Called wad punches if they are these:







Trad plumbers kit for leather washers and also used by other leather workers.

Eyeball it. They don't have to be perfect as you'd expect to use them on an end grain block.


----------



## Dee J (23 Feb 2012)

Either by eye, or if you want to get really complicated, then toolpost grinder on a lathe....

Dee


----------



## thick_mike (23 Feb 2012)

These things are available for cork borers (used for boring holes in corks and bungs for lab work). Maybe there is something similar available for punches, or maybe you could make one yourself.


----------



## bugbear (23 Feb 2012)

Dee J":3sxta403 said:


> Either by eye, or if you want to get really complicated, then toolpost grinder on a lathe....
> 
> Dee



Looks to me as if spinning the tool in a lathe (or drill press, but less convenient) and presenting a sharpening stone (or SiC paper) would serve pretty well.

BugBear


----------



## Richard T (23 Feb 2012)

If by eye, stone on the outside, fine emery wrapped dowel on the inside. 

In my experience once sharp they tend to stay sharp as long as you don't try to cut anything that is beyond it - and also use a safe anvil like, as Jacob says, end grain wood.


----------



## Jacob (23 Feb 2012)

bugbear":245p96h6 said:


> Dee J":245p96h6 said:
> 
> 
> > Either by eye, or if you want to get really complicated, then toolpost grinder on a lathe....
> ...


God no it'd be impossible to hold concentrically for starters. You'd effectively be machining a new edge each time and losing a lot of wad punch. And the new profile would be as per a 50p piece!


----------



## Alf (23 Feb 2012)

'nother vote for the Mk1 eyeball. I'm sure there is a way to jig it, but I suspect a case of the jig time/sharpening time ratio makes it not worth the bother except for the really keen jig-maker.


----------



## bugbear (23 Feb 2012)

Jacob":3fl64u7j said:


> bugbear":3fl64u7j said:
> 
> 
> > Dee J":3fl64u7j said:
> ...



I was thinking of low RPM and hand held stone - not some kind of mounted stone. Just like sandpapering the rim of a bowl on a lathe.

BugBear


----------



## Richard T (23 Feb 2012)

If the thing was turned to shape in the first place, it should still turn true to sharpen - but I wouldn't bother meself unless there was an awful lot to take off.


----------



## JakeS (23 Feb 2012)

Richard T":33sy1na1 said:


> If the thing was turned to shape in the first place, it should still turn true to sharpen - but I wouldn't bother meself unless there was an awful lot to take off.



To be honest, on a couple of them I'm not entirely convinced they've been ground at all!
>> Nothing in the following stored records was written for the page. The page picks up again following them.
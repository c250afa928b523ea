//! Deliveries, crashes, and giving up.
ghost use Rattle.std.specs.Prelude.{◌≡◌, ◌++◌, ◌∷◌, [], ◌<◌, OnOk, OnErr, IsTrue, slice_set, vec_len};
ghost use Rattle.std.specs.Vec.{vec_capacity};
ghost use Rattle.world_types.specs.declared.queue.Event.TheVariants.{Deliver, Crash, GiveUp};
ghost use Rattle.world_model.specs.AnyCode.Code.{flags};
ghost use Rattle.world_model.specs.AnyCode.World.{enabled, effect};
ghost use Rattle.unum_world.specs.Openings.{codes_of};
ghost use Rattle.unum_world.specs.Traces.{world_of};
ghost use Rattle.unum_world.specs.Kept.{Keeps, Holds};

use crate::opening::Opening;
use crate::places::message_of;
use crate::twins::put_twin;
use crate::world_state::WorldState;
use invoke_queue::QueueError;
use unum_json::NoMemory;

/// Adds an item. There is room.
pub fn add<T: Drop>(items: &mut Vec<T>, item: T)
    requires { vec_len items.old < vec_capacity items.old }
    ensures { items.new.items ≡ items.old.items ++ item ∷ [] }
{
    if items.push(item).is_err() {
        unreachable!();
    }
}

/// Puts an item in place of the one with that index.
pub fn put<T: Drop>(items: &mut Vec<T>, at: u32, item: T)
    requires { at < vec_len items.old }
    ensures { items.new.items ≡ slice_set items.old.items at item }
{
    items[at as usize] = item;
}

/// An invocation is delivered: a new attempt of it begins.
pub fn deliver(o: &Opening, now: &mut WorldState, inv: u32) -> Result<(), NoMemory>
    requires holds { Holds o.now now.old }
    requires on { IsTrue (enabled (codes_of o.now) (world_of o.now now.old) (Deliver inv)) }
    ensures ok { OnOk result (world_of o.now now.new ≡ effect flags (codes_of o.now) (world_of o.now now.old) (Deliver inv)) }
    ensures err { OnErr result (world_of o.now now.new ≡ world_of o.now now.old) }
    ensures kept { Keeps o.now now.new }
{
    now.stops.reserve(1)?;
    match now.hub.queue.deliver(inv) {
        Ok(_) => {
            add(&mut now.stops, None);
            put_twin(&o.plan, &now.hub.queue, &mut now.twins, inv);
            Ok(())
        }
        Err(QueueError::NoMemory) => Err(NoMemory),
        Err(QueueError::NotEnabled) => unreachable!(),
    }
}

/// An attempt ends, and its local state is lost.
pub fn crash(o: &Opening, now: &mut WorldState, attempt: u32)
    requires holds { Holds o.now now.old }
    requires on { IsTrue (enabled (codes_of o.now) (world_of o.now now.old) (Crash attempt)) }
    ensures world { world_of o.now now.new ≡ effect flags (codes_of o.now) (world_of o.now now.old) (Crash attempt) }
    ensures kept { Keeps o.now now.new }
{
    let (inv, _message) = message_of(&now.hub.queue, attempt);
    if now.hub.queue.crash(attempt).is_err() {
        unreachable!();
    }
    put(&mut now.stops, attempt, None);
    put_twin(&o.plan, &now.hub.queue, &mut now.twins, inv);
}

/// An invocation is given up.
pub fn give_up(o: &Opening, now: &mut WorldState, inv: u32)
    requires holds { Holds o.now now.old }
    requires on { IsTrue (enabled (codes_of o.now) (world_of o.now now.old) (GiveUp inv)) }
    ensures world { world_of o.now now.new ≡ effect flags (codes_of o.now) (world_of o.now now.old) (GiveUp inv) }
    ensures kept { Keeps o.now now.new }
{
    if now.hub.queue.give_up(inv).is_err() {
        unreachable!();
    }
    put_twin(&o.plan, &now.hub.queue, &mut now.twins, inv);
}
In places up to a millimetre-wide blunt end remains... but I don't have a lathe, so there's that risk out of the window anyway. ;-)

Thanks for all the advice, guys - I guess I'll give it a go by hand/eye on one of the sizes I don't need to see how it goes... and thanks for the tip about the end-grain, it hadn't occurred to me at all; I was expecting to just use the long side of a bit of scrap softwood. I'll make myself a little miniature butcher's block, I guess!



(And yes, Jacob, a similar thing to that tool - I've seen those ones called 'Arch Punches' before, I'm sure, this one is more like a cylinder of steel that has had a hole bored out the middle that curves up to a release hole on the side. I expect it's probably cast rather than bored, but I'm sure you get the idea.)


----------